▸ DATA TO PROCESS
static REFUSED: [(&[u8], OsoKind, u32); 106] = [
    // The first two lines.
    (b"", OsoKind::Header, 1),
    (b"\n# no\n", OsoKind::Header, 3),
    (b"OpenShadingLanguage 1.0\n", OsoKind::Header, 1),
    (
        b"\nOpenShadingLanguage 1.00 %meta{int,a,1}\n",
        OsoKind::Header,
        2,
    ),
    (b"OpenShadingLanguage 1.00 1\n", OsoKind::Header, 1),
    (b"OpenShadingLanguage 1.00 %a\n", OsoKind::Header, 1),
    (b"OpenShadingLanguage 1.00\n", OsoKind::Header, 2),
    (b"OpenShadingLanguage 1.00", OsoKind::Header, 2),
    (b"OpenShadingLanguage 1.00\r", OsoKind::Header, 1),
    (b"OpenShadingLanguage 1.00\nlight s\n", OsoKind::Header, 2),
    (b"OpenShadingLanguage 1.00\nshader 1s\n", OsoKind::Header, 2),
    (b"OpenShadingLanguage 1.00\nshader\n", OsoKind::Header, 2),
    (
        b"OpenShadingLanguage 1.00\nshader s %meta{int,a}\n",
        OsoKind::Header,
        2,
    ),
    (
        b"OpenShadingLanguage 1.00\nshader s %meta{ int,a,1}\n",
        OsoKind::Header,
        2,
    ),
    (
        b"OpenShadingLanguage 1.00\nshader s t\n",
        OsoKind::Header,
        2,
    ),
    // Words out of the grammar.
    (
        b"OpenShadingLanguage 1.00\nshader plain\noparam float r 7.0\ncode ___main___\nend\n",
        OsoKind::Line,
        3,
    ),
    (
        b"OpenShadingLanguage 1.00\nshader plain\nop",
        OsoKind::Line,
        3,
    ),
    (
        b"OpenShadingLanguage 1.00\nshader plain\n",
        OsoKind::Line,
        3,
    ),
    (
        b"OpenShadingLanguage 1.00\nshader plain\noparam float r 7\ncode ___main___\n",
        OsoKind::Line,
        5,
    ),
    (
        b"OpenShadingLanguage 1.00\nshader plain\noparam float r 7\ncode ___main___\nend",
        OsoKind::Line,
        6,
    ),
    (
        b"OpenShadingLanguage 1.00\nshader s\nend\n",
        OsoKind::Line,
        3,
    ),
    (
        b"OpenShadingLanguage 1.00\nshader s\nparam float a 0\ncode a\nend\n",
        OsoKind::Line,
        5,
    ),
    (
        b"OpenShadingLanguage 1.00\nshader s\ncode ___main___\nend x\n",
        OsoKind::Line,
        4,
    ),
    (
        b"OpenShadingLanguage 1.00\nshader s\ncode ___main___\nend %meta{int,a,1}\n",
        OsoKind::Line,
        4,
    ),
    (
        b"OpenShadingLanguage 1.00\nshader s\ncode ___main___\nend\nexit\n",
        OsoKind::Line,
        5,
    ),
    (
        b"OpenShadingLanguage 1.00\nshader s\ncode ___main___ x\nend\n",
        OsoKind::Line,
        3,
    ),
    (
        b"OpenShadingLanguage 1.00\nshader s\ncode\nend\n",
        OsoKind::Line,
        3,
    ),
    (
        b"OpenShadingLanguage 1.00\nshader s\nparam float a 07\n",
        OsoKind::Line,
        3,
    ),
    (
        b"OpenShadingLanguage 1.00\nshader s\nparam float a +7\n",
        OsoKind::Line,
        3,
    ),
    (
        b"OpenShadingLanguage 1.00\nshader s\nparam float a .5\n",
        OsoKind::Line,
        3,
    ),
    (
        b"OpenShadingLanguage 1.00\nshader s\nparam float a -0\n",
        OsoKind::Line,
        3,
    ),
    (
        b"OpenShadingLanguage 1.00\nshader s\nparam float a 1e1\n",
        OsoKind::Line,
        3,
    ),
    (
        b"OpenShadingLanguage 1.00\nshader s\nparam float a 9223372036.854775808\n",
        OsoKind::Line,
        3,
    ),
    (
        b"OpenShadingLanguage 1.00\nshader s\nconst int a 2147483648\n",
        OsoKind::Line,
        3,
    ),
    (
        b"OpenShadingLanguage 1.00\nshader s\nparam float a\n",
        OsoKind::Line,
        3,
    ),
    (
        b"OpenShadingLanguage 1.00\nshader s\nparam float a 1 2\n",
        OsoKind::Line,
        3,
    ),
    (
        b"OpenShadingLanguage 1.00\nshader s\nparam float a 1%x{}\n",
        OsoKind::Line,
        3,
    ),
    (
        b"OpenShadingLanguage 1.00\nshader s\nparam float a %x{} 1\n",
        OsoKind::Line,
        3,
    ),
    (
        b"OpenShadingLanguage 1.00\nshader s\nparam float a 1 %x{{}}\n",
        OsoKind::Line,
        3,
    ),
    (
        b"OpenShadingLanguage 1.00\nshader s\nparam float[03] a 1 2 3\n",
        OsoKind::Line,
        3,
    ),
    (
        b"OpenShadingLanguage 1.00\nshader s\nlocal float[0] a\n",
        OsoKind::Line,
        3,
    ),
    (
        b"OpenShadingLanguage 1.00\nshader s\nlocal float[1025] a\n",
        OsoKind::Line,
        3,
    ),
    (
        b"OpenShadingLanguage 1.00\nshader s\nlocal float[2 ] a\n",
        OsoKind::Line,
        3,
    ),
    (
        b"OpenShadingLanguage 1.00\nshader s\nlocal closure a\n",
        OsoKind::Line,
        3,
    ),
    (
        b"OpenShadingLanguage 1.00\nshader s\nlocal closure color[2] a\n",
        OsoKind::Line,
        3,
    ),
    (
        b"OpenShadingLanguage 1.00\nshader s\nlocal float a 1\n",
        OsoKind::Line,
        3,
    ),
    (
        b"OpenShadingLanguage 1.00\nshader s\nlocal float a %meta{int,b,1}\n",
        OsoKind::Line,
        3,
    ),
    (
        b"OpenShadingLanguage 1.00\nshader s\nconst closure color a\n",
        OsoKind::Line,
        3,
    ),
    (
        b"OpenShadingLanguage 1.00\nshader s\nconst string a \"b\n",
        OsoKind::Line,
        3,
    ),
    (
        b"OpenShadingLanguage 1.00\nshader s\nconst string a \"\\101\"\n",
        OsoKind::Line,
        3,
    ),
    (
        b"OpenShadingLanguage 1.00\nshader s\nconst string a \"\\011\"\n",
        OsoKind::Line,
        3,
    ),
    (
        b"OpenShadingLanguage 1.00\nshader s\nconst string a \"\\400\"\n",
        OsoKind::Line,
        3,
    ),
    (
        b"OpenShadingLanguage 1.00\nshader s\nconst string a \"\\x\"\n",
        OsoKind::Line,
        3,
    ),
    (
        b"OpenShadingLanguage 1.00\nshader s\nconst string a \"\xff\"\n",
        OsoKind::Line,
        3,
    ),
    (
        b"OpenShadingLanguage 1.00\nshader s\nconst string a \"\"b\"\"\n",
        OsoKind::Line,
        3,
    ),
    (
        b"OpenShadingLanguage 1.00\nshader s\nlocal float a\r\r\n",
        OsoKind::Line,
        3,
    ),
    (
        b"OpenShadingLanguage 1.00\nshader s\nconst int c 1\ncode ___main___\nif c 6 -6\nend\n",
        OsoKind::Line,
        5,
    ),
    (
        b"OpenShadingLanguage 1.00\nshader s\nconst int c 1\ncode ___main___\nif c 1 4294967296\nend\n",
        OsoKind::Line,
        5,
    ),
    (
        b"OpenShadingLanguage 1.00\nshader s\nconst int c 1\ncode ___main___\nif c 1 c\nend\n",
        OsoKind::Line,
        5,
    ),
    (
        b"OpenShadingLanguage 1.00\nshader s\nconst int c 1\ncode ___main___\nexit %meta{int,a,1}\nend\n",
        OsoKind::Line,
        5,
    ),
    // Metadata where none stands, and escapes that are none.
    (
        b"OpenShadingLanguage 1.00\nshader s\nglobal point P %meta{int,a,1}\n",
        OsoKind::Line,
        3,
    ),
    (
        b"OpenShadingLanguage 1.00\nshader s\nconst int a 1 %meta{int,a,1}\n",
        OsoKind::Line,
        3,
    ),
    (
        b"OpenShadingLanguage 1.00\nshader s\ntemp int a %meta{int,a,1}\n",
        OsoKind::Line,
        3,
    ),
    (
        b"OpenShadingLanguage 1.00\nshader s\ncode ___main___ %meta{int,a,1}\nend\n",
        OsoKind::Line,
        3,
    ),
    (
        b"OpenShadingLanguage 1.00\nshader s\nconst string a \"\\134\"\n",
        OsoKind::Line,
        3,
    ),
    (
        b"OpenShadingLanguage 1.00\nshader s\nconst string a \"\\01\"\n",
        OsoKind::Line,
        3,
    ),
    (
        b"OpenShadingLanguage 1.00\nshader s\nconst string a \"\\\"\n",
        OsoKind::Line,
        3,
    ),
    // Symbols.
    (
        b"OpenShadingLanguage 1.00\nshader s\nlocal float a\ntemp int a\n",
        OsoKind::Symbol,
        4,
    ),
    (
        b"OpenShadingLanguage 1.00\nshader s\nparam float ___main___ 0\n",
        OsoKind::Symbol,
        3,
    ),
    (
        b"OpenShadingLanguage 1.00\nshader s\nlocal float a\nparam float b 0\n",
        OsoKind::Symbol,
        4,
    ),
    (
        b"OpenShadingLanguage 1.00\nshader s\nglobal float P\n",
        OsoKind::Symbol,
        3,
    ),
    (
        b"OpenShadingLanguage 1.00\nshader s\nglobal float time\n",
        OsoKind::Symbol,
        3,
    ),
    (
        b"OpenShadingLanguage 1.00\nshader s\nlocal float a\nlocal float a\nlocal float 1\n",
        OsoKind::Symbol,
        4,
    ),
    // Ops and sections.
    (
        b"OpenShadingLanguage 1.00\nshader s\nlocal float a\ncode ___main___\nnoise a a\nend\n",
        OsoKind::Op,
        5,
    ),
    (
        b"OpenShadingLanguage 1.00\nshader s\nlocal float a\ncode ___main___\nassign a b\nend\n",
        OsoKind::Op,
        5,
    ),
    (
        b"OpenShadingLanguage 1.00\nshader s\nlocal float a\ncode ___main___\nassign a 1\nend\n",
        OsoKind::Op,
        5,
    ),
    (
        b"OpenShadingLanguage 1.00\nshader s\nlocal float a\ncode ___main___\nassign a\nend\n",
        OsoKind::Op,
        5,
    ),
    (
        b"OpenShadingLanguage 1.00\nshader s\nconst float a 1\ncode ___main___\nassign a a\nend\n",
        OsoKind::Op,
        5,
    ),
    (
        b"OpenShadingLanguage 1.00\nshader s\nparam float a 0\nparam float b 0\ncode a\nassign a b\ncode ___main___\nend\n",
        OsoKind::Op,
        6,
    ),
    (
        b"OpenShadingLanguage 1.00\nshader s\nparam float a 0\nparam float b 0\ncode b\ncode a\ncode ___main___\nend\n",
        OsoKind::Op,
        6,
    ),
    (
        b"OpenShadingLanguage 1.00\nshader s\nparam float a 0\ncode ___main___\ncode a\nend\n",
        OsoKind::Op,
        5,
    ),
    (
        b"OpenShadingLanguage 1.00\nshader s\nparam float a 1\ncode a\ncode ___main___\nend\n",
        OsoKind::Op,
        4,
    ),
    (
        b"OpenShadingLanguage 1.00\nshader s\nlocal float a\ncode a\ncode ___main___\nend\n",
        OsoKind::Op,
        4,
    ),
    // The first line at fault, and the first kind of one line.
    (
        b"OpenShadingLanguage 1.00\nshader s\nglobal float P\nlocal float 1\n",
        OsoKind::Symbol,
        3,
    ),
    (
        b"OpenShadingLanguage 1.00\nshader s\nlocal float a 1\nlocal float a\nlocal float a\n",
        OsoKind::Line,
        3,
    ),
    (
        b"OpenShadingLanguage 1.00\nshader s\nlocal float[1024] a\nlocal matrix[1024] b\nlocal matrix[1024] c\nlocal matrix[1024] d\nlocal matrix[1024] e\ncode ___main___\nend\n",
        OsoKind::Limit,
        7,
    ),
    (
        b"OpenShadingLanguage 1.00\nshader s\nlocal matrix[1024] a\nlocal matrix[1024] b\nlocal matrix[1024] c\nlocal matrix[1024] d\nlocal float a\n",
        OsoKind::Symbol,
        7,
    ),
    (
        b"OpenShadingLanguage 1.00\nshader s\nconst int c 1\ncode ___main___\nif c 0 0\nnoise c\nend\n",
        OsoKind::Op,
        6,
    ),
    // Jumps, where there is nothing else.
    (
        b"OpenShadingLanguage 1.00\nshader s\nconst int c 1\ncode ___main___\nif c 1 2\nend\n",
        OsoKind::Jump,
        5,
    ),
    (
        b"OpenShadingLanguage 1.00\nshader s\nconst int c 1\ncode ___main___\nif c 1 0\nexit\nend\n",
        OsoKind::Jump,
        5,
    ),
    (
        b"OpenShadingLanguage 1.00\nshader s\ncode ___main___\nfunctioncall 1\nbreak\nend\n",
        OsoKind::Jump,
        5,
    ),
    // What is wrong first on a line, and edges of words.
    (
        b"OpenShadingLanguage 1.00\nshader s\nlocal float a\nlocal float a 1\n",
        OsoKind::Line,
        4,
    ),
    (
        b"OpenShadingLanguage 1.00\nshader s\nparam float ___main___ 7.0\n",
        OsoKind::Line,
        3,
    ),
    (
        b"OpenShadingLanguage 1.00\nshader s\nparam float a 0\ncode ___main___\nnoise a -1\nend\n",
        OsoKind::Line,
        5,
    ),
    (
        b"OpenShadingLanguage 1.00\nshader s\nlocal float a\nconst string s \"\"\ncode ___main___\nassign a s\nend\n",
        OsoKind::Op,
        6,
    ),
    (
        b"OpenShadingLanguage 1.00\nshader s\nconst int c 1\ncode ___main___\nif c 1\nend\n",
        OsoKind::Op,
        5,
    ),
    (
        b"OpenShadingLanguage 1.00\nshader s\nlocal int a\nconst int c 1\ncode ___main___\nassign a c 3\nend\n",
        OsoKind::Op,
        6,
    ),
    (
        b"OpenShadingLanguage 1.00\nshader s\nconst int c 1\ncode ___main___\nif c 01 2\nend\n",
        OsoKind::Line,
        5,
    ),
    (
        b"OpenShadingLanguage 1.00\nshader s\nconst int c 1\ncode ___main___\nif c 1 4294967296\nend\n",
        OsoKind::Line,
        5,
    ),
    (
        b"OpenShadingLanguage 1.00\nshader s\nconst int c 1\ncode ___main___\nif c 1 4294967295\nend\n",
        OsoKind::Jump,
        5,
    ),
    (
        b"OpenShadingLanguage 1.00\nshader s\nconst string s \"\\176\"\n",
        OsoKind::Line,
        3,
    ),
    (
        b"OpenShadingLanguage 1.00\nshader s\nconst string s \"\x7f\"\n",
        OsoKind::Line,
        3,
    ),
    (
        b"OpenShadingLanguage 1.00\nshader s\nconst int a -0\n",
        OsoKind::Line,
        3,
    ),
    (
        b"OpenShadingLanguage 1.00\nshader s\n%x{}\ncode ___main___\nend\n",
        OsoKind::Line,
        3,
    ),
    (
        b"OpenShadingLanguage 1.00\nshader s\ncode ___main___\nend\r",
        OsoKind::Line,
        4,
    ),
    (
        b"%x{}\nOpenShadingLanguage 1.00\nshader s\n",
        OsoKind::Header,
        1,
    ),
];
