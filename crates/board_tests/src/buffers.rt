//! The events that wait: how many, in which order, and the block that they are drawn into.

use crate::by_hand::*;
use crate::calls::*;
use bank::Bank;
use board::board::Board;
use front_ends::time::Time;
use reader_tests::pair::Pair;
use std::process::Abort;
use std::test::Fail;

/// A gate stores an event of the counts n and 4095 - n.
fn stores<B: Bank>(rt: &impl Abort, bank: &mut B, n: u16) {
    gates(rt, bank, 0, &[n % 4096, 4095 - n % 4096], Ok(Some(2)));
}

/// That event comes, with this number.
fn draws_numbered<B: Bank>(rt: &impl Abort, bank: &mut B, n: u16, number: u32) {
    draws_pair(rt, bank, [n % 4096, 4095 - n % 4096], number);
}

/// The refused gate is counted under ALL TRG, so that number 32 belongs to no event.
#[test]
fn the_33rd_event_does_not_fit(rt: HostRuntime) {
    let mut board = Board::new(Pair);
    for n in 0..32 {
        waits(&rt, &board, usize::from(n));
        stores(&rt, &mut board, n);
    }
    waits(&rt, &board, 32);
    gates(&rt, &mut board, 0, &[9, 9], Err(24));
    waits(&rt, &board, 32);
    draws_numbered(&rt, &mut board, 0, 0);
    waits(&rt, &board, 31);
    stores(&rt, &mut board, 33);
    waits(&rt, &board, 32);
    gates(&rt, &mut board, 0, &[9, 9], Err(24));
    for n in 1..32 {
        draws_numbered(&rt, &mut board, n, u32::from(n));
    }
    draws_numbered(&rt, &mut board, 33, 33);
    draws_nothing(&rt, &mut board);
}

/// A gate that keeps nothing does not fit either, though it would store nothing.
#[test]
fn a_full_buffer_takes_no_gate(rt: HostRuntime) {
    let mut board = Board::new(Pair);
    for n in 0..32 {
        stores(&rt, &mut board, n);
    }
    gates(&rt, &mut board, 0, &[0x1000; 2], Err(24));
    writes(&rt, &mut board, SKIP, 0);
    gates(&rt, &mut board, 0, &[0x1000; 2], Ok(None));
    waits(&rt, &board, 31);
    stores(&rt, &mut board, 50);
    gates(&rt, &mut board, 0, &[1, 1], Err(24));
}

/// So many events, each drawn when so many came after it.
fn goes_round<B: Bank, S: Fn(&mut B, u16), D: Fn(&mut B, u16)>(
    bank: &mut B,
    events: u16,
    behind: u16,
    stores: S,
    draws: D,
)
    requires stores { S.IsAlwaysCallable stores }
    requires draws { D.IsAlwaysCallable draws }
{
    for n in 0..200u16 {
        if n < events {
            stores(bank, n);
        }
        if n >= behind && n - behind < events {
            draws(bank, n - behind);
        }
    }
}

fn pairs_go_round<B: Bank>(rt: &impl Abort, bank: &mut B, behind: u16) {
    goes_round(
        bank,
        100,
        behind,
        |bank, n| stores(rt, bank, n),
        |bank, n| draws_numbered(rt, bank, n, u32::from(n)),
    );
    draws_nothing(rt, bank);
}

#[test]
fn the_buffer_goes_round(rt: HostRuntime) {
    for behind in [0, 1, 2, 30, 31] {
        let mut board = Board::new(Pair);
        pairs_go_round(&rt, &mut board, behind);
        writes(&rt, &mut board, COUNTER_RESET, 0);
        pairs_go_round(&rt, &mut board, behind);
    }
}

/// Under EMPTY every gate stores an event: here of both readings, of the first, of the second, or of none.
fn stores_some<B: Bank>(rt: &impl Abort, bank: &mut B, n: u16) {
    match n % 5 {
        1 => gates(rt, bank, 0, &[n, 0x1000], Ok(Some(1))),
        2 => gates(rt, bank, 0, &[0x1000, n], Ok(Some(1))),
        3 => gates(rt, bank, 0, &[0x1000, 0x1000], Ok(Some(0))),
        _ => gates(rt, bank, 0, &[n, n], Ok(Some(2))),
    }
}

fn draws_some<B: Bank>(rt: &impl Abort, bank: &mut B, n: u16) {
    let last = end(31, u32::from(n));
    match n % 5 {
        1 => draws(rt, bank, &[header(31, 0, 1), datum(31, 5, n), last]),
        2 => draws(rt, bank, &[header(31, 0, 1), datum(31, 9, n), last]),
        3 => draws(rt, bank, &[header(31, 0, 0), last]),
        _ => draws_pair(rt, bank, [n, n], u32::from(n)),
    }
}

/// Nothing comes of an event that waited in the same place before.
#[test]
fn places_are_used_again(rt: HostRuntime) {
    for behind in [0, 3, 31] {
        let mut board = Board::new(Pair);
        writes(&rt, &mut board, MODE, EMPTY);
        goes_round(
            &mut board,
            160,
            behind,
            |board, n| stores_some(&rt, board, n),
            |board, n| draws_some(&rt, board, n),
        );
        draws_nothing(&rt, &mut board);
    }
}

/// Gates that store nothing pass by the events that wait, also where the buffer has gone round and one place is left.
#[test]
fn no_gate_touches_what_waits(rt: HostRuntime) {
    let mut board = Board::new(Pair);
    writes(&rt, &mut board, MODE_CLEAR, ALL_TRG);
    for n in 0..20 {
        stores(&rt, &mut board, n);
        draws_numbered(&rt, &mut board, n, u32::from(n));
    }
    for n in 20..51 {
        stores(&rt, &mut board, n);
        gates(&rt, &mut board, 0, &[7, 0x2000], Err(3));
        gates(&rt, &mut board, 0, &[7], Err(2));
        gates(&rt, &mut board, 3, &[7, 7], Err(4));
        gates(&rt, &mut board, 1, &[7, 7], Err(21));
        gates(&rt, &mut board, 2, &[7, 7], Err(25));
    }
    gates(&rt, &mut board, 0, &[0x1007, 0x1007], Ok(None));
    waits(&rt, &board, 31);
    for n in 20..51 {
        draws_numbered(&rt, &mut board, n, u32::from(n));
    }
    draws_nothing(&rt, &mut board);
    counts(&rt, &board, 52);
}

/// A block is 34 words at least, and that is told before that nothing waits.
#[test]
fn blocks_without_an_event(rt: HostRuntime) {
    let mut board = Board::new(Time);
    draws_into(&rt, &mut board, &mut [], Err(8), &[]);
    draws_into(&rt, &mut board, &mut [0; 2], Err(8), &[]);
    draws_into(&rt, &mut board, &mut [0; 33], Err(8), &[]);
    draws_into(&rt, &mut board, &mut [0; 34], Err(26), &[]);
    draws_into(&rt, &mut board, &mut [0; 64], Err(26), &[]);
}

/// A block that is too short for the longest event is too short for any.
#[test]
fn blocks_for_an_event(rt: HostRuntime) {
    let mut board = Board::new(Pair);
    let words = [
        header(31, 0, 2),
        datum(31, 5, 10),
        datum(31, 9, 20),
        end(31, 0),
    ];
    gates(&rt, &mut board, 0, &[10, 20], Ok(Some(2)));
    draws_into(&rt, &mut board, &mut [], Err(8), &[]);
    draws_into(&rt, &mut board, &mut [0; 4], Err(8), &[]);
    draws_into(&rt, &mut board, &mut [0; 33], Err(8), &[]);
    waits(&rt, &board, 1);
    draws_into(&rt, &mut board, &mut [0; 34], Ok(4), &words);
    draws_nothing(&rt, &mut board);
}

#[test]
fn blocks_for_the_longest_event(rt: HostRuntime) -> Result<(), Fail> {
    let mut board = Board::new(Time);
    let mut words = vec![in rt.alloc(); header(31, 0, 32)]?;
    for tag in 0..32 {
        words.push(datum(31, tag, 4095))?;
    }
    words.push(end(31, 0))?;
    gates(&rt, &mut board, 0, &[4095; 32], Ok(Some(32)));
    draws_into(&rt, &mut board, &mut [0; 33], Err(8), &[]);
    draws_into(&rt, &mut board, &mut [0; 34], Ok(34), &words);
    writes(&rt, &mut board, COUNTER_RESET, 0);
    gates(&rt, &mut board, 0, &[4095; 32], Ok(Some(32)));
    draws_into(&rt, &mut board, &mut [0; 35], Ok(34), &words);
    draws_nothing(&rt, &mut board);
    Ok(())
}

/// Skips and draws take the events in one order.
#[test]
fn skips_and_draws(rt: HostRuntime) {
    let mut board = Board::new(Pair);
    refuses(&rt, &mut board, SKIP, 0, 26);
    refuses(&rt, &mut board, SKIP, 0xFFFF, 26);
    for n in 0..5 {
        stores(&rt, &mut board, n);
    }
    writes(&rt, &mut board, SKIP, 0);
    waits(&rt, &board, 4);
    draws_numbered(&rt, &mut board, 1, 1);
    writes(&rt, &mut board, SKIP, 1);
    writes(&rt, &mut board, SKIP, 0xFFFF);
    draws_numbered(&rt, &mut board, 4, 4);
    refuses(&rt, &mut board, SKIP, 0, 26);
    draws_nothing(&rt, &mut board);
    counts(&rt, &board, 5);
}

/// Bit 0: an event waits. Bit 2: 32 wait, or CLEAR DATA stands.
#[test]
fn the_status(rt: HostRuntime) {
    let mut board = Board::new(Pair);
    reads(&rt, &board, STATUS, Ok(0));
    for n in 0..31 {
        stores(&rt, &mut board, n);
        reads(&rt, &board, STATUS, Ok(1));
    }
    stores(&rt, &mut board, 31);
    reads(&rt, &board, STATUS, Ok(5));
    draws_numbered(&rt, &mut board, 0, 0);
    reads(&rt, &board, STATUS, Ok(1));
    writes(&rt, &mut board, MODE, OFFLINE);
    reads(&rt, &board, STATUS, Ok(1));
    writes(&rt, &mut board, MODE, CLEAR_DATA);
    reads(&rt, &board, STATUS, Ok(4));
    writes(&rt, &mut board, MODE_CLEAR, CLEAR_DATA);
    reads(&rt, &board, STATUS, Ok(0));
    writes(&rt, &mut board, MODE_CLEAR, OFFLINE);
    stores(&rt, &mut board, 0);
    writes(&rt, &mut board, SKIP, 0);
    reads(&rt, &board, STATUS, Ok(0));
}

▸ TASK
With no other words, state how many lines above hold the word "ntemp".

▸ TASK RESULT
2